Caesar [dying]: remember me
Soldier: we will name a salad after you
Caesar: ok
Soldier: with stale chunks of bread
Caesar: actually nev-
Soldier: and tiny pieces of fish and cheese
Caesar: wow ok so no one liked me
Sometimes I’m playing a dangerous game like Halo & people ask if I get scared but honestly no, your training just takes over
I’ve never seen a workplace Hanukkah display that didn’t shout, “We legally had to do this.”
i am against victim blaming except for when someone loses their sunglasses in the ocean
*drives Toyota Corolla into Mordor*
“See, nobody suspected a thing”
I RELATE TO LADY AND THE TRAMP BECAUSE OF THE ROMANCE AND NOT BECAUSE I UNDERSTAND HOW DIFFICULT IT IS TO EAT SPAGHETTI WITH A DOG MOUTH
If true crime podcasts have taught me anything, it’s that serial killers are often described as: charismatic, grandiose, mobile, antisocial and sometimes can be known to live off the grid….
Yeah, I’m looking at you, Santa.
Doctor: Please step on the scale
Me: No weigh
Ground control: he says he loves you very much
Mrs Major Tom: what’s he done this time?
Dad just found my Twitter.
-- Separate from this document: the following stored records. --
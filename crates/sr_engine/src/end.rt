//! How a run ends.
ghost use Rattle.std.specs.Prelude.{◌≡◌};
ghost use Rattle.sr_engine.specs.Endings.{ending_of, status_of};

use sr_base::SinkFault;

/// How a run ended.
#[derive(Debug, Drop, Clone, Copy)]
pub enum End {
    /// The script was read to its end and answered whole; true where a line was refused.
    Done(bool),
    /// A read failed.
    ReadFailed,
    /// A write failed.
    WriteFailed,
    /// The run was out of memory.
    Memory,
    /// The script has more than 33,554,432 bytes.
    TooMuch,
}

impl End {
    /// How a run ends at a fault of the sink.
    pub fn at(fault: SinkFault) -> End
        ensures { result ≡ ending_of fault }
    {
        match fault {
            SinkFault::Failed => End::WriteFailed,
            SinkFault::Memory(_) => End::Memory,
        }
    }

    /// The status that a program ends with: 0 where no line was refused, 1 where one was, 3 where a read failed, 4 where
    /// a write failed, 5 where it was out of memory, and 6 where the script was too long.
    pub fn status(self) -> u8
        ensures { result ≡ status_of self }
    {
        match self {
            End::Done(false) => 0,
            End::Done(true) => 1,
            End::ReadFailed => 3,
            End::WriteFailed => 4,
            End::Memory => 5,
            End::TooMuch => 6,
        }
    }
}
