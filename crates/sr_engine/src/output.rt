//! Writes a text whole.
ghost use Rattle.sr_engine.specs.Output.{WritesAll};

use sr_base::{Sink, SinkFault};

/// Writes the text to the sink, in as many pieces as the sink takes. At a fault the sink was given a beginning of the
/// text; the fault's cause is that of `Sink::write`.
pub fn write_all<K: Sink>(sink: &mut K, text: &[u8]) -> Result<(), SinkFault>
    ensures { WritesAll (K.held sink.old) (K.held sink.new) (K.faults sink.old) (K.faults sink.new) text.now result }
{
    let mut at = 0;
    while at < text.len() {
        match sink.write(&text[at..]) {
            Ok(count) => at += count,
            Err(fault) => return Err(fault),
        }
    }
    Ok(())
}
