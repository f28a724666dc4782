//! Laws of the definitions, which no value stands behind.
ghost use Rattle.sr_engine.specs.Lines.{LinesAreDetermined};

/// A law of the definitions, with nothing to run: a text has at most one list of lines, and at most one rest.
pub fn lines_are_determined()
    ensures { LinesAreDetermined }
{}
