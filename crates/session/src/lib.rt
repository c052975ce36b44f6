// The types of a station's session, and what its calls give: see specs/. The calls are the functions of the crates above this one.
//
// What the Rust's `ScalableConsumerSession` owns lies in two places: a small record, here, and a store that is lent to each call.
#![tactic(auto)]

use refusal::Refusal;
use topic_types::ControllerIncarnation;

// How many readers take the replays, each by its own drain position.
pub const READERS: usize = 8;

// The session's own record.
#[derive(Clone, Copy)]
pub struct SessionRecord {
    pub consumer_id: u64,
    pub incarnation: ControllerIncarnation,
    pub registered: bool,
    pub invalidated: bool,
    // The highest epoch that was accepted, kept over every link to the controller; None before any.
    pub epoch_floor: Option<u64>,
    // How many pushes the queue holds, and how many of them each reader has drained.
    pub queue_count: usize,
    pub drain_positions: [usize; READERS],
}

// What a call answers.
#[derive(Clone, Copy)]
pub enum Answer {
    // A response, begin or invalidate.
    Accepted,
    // No change: an update or a drain that answers none.
    Unchanged,
    // A delta of so many bytes stands at the front of the output.
    Delta(usize),
    // The same, for the packed assignment at that place of the store.
    Replay(usize, usize),
}

// What a call gives: the record as it is then, and the answer.
#[derive(Clone, Copy)]
pub struct Changed {
    pub next: SessionRecord,
    pub answer: Result<Answer, Refusal>,
}
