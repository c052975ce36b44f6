// A test key for a segment: the four bytes with the smallest hash that the segment takes.
//
// The smallest is found by the ends of ranges: a segment without buckets takes the start of its range, one with buckets
// the lowest value that a bucket and the range have in common.
#![tactic(auto)]

ghost use Rattle.std.specs.Prelude.{◌≡◌, true, ◌+◌, ◌*◌, ◌≤◌, max, length, drop};
ghost use Rattle.keyed.specs.Keyed.{find};
ghost use Rattle.packed.specs.Assignment.{assignment_head, bucket_size, id_of, decode_ranges, decode_segment, decode_segments, size_segment, ok_segment};
ghost use Rattle.packed.proofs.AssignmentLaws.{Rest};
ghost use Rattle.key_in_segment.specs.Least.{least_taken};
ghost use Rattle.key_in_segment.specs.Ends.{lesser_of, least_common, least_in};
ghost use Rattle.key_in_segment.specs.SegmentKey.{key_at, key_in, key_in_segment};

use key_for_hash::TestKey;
use refusal::Refusal;
use topic_types::{KeyRange, SegmentId};

// The lesser of two values, if there are any; None where there is neither.
fn lesser(a: Option<u32>, b: Option<u32>) -> Option<u32>
    ensures { result ≡ lesser_of a b }
{
    match (a, b) {
        (Some(x), Some(y)) => Some(x.min(y)),
        _ => a.or(b),
    }
}

fn greater(a: u32, b: u32) -> u32
    ensures { result ≡ max a b }
{
    a.max(b)
}

// The least value that lies in both ranges; None where there is none.
fn least_common(a: KeyRange, b: KeyRange) -> Option<u32>
    ensures { result ≡ least_common a b }
{
    let start = greater(a.start, b.start);
    if a.end < start || b.end < start {
        return None;
    }
    Some(start)
}

// The least value of a range that lies in one of the n ranges from a place on.
fn least_in(s: &[u8], at: usize, n: usize, range: KeyRange) -> Option<u32>
    requires { at + bucket_size * n ≤ length s.now }
    ensures { result ≡ least_in range (decode_ranges n (drop at s.now)) }
{
    let mut best = None;
    for i in 0..n {
        let found = least_common(range, packed::range_at(s, at + packed::BUCKET * i));
        best = lesser(best, found);
    }
    best
}

// The least hash that the segment takes whose record stands at the place p.
fn least_at(s: &[u8], p: usize) -> Option<u32>
    requires s_in_bounds { p + size_segment (decode_segment (drop p s.now)) ≤ length s.now }
    requires s_value { ok_segment (decode_segment (drop p s.now)) ≡ true }
    ensures { result ≡ least_taken (decode_segment (drop p s.now)) }
{
    let range = packed::range_at(s, p + packed::RECORD_RANGE);
    let count = slice_int::read_u16(s, p + packed::RECORD_COUNT) as usize;
    if count == 0 {
        return Some(range.start);
    }
    least_in(s, p + packed::RECORD_HEAD, count, range)
}

// The key of a hash, if there is one.
fn key_at(least: Option<u32>) -> Result<Option<TestKey>, Refusal>
    ensures { result ≡ key_at least }
{
    match least {
        Some(hash) => Ok(Some(key_for_hash::key_for_hash(hash))),
        None => Ok(None),
    }
}

// The key of the segment with the id among the m records from the place 10 on.
fn key_among(s: &[u8], m: usize, id: u64) -> Result<Option<TestKey>, Refusal>
    requires { Rest s.now assignment_head m }
    ensures { result ≡ key_in (find id_of id (decode_segments m (drop assignment_head s.now))) }
{
    let mut p: usize = packed::ASSIGNMENT_HEAD;
    for _ in 0..m {
        if id == packed_records::id_at(s, p) {
            return key_at(least_at(s, p));
        }
        p += packed_records::size_at(s, p);
    }
    Ok(None)
}

// The key whose hash is the smallest that the segment with the id takes, its upper 16 bits 0; None where the id is not in
// the list, or the segment has buckets and none meets its range. Bytes that are no packed assignment are refused (20).
pub fn key_in_segment(assignment: &[u8], id: SegmentId) -> Result<Option<TestKey>, Refusal>
    ensures { result ≡ key_in_segment assignment.now id.0 }
{
    let (_, count) = packed::read_whole(assignment).ok_or(Refusal::MalformedInput)?;
    key_among(assignment, count, id.0)
}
Fame is a double edged sword. On an unrelated note, church today was so much fun and I got so much studying done.
I feel like if one pizza roll bursts then they all join in for solidarity
*slow jams playing in the background
Her: take off my pants
Me: oh my bad, right, ok I totally thought these were mine.
[blind date]
Him: what are you looking for in a partner?
Her: someone with serious ink
Him: *opens overcoat to reveal a range of 18th century fountain pens*
Her: [whispering] holy shit
I hate it when I’m eavesdropping and people aren’t talking loud enough.
If yahoo! hasn’t given up then why should I??
ME: Im a secret agent
THEM: With like the FBI
ME: Idk its a secret
ME: ok i’m gonna tell you some stuff, but only if you promise not to judge me afterwards
JUDGE: no can do
I don’t usually sing Adele, but when I do, it’s usually on the toilet in the middle stall in the men’s washroom at work.
On my way to work I saw a turtle crossing at a TURTLE CROSSING SIGN omg so responsible.
Amazon lost our order of Altoids and they had to ship another one, so I am experiencing resentmint
finished mowing the grass, thus solving the problem once and for all
Can’t believe I went on a date with someone who did a background check on me and casually spent the rest of the night reciting facts about me to me, and then proceeded to continue going out with him.
LOVED ONES: When I die, I want you to throw a sad party where you all look at my dead body
US, FOR SOME REASON: Ok that’s no problem
In Canada, street racing is just people competing to see who can dig their car out of the snow first.
interviewer: this resume looks great but can you perform under pressure
vanilla ice: *squinting* no
imagine being a rooster and just completely losing your shit over the sun rising.
[First day as an undercover cop]
Drug Dealer: You got the money?
Me: … *into cufflink* Line?
They don’t touch my pizza after it comes out of the oven?
So, wait. They used to touch my pizza?